Martin Sampson, a spokesperson for the Centre for Israel and Jewish Affairs, an advocacy group, said the NDP’s suggestion is concerning and that the party and its leader Jagmeet Singh are failing to differentiate between Hamas, a listed terrorist group in Canada, and Israel.

“Many Canadians, apparently Mr. Singh chief among them, do not appreciate the impossible situation Israel is placed in when Hamas fires missiles indiscriminately from civilian areas toward Israeli population centres,” he said.

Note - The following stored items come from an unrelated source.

//! Groups by their names.
ghost use Rattle.std.specs.Prelude.{◌≡◌, ◌<◌, ◌≤◌, IsTrue, Some, length, map, slice_get, slice_set, string_bytes};
ghost use Rattle.regress_calls.specs.Names.{AreWritten};

use regress::CaptureGroupName;

/// Whether a group has a name.
fn is_named(names: &[CaptureGroupName], index: usize, name: &str) -> bool
    ensures named { IsTrue result → slice_get (map string_bytes names.now) index ≡ Some name.now }
    ensures other { slice_get (map string_bytes names.now) index ≡ Some name.now → IsTrue result }
{
    match names.get(index) {
        Some(other) => other.as_str() == name,
        None => false,
    }
}

/// Writes the numbers of the groups that have a name, in order, as many as there is room for, and tells how many have it. No group
/// has the empty name.
pub(crate) fn write_numbers(names: &[CaptureGroupName], name: &str, numbers: &mut [usize]) -> usize
    ensures written { AreWritten (map string_bytes names.now) name.now numbers.old result numbers.new }
    ensures few { result ≤ length names.now }
{
    if name.is_empty() {
        return 0;
    }
    let mut count = 0;
    for k in 0..names.len() {
        if is_named(names, k, name) {
            write_number(numbers, count, k + 1);
            count += 1;
        }
    }
    count
}

/// Writes a number at a place, where there is room.
fn write_number(numbers: &mut [usize], at: usize, number: usize)
    ensures { numbers.new ≡ slice_set numbers.old at number }
{
    if at < numbers.len() {
        numbers[at] = number;
    }
}
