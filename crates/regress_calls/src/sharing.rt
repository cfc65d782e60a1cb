//! What handles hold, for one more owner.
ghost use Rattle.std.specs.Prelude.{◌≡◌, IfOk, IfErr, OnErr};
ghost use Rattle.std.specs.Arc.{arc_value};
ghost use Rattle.regress_front_tables.specs.TableViews.{parts};
ghost use Rattle.regress_calls.specs.Handles.{OfPattern, OfTables, content};
ghost use Rattle.regress_calls.specs.Learning.{HoldsSame};
ghost use Rattle.regress_calls.specs.Refusals.{MayRefusePattern, MayRefuseTables};

use crate::held::Held;
use crate::slot::Slot;
use regress::{Regex, Tables};
use regress_call_errors::CallError;
use std::alloc::Global;
use std::sync::Arc;

/// The pattern of what is held, for one more owner.
fn pattern_of(held: &Held) -> Result<Arc<Regex>, CallError>
    ensures shared { IfOk result (λ a. content (Some held.now) ≡ OfPattern (arc_value a)) }
    ensures refused { IfErr result (MayRefusePattern (content (Some held.now))) }
{
    match held {
        Held::Pattern(regex) => Ok(Arc::try_clone(regex)?),
        _ => Err(CallError::WrongHandle),
    }
}

/// The tables of what is held, for one more owner.
fn tables_of(held: &Held) -> Result<Tables, CallError>
    ensures shared { IfOk result (λ ts. content (Some held.now) ≡ OfTables (parts ts)) }
    ensures refused { IfErr result (MayRefuseTables (content (Some held.now))) }
{
    match held {
        Held::Tables(tables) => Ok(tables.try_clone()?),
        _ => Err(CallError::WrongHandle),
    }
}

/// The pattern that a handle holds, for one more owner. Refused as `WrongHandle` where it holds none, and as `OutOfMemory`
/// where so many share it that they can't be counted.
pub(crate) fn pattern_in(alloc: Global, slot: &mut Slot) -> Result<Arc<Regex>, CallError>
    ensures shared { IfOk result (λ a. content slot.old.held ≡ OfPattern (arc_value a)) }
    ensures kept { content slot.new.held ≡ content slot.old.held }
    ensures refused { IfErr result (MayRefusePattern (content slot.old.held)) }
{
    let held = slot.take(alloc).ok_or(CallError::WrongHandle)?;
    let shared = pattern_of(&held);
    slot.put(alloc, held);
    shared
}

/// The pattern that a handle holds once it is worked out whether that is linear, for one more owner. If it is, the handle holds it with what
/// was learned. Refused as `pattern_in` is, and as `OutOfMemory`.
pub(crate) fn learned_in(alloc: Global, slot: &mut Slot) -> Result<Arc<Regex>, CallError>
    ensures held { IfOk result (λ a. content slot.new.held ≡ OfPattern (arc_value a)) }
    ensures same { HoldsSame (content slot.old.held) (content slot.new.held) }
    ensures untouched { OnErr result (content slot.new.held ≡ content slot.old.held) }
    ensures refused { IfErr result (MayRefusePattern (content slot.old.held)) }
{
    let regex = pattern_in(alloc, slot)?;
    if regex.is_linear() {
        return Ok(regex);
    }
    let mut learned = regex.try_clone()?;
    if !learned.learn_linear() {
        return Ok(regex);
    }
    let shared = Arc::new(alloc, learned)?;
    let held = Box::new(alloc, Held::Pattern(Arc::try_clone(&shared)?))?;
    slot.put(alloc, held);
    Ok(shared)
}

/// The tables that a handle holds, for one more owner. Refused as `pattern_in` is.
pub(crate) fn tables_in(alloc: Global, slot: &mut Slot) -> Result<Tables, CallError>
    ensures shared { IfOk result (λ ts. content slot.old.held ≡ OfTables (parts ts)) }
    ensures kept { content slot.new.held ≡ content slot.old.held }
    ensures refused { IfErr result (MayRefuseTables (content slot.old.held)) }
{
    let held = slot.take(alloc).ok_or(CallError::WrongHandle)?;
    let shared = tables_of(&held);
    slot.put(alloc, held);
    shared
}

Mr. Sampson said he supports calls for a peaceful resolution for both Israelis and Palestinians. “Canada should continue its call for the international-consensus solution to this conflict,” he said.

Mark Ayyash, a sociology professor at Mount Royal University, said the federal government should be putting pressure on Israel to comply with international law, rather than taking a “both sides” approach by condemning both Hamas and the eviction of Palestinian families in Sheikh Jarrah, a neighbourhood in East Jerusalem at the centre of a property dispute that inflamed tensions in the region.

“Unless there is a serious discussion on that root problem, and unless sanctions and pressure are brought on Israel to make it change its behaviour, then nothing will change for the Palestinians,” Prof. Ayyash said.